## PROBLEM REQUIREMENTS:
What is wanted is the line holding "pub mod laws;" and every later line through the end of the entries, set down exactly.

Stored data entries:
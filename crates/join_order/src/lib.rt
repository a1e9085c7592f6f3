//! The order in which the sources of a join are opened. It promises that `least_order` gives an order of the
//! sources, that no order of them has fewer cross products, and that none with as few costs less; of those that
//! cost the same it is the first by the positions as written. What a source costs after others is what its best
//! path costs. A source makes a cross product if it is scanned after more than one row and no equality ties it to
//! those placed: of a column of its own and a value that names columns of placed sources alone. In every order a
//! join gives the same rows.
//!
//! The modules, in the order in which data passes them: `price` (what one source costs after others),
//! `joined` (the prices of tables), `sums` (what a beginning of an order costs), `search` (the least order),
//! and `laws`.
#![tactic(auto)]

mod joined;
pub mod laws;
mod price;
mod search;
mod sums;

pub use joined::{Joined, path_after};
pub use price::{Price, Pricing};
pub use search::{Order, least_order};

## YOUR RESPONSE:
pub mod laws;
mod price;
mod search;
mod sums;

pub use joined::{Joined, path_after};
pub use price::{Price, Pricing};
pub use search::{Order, least_order};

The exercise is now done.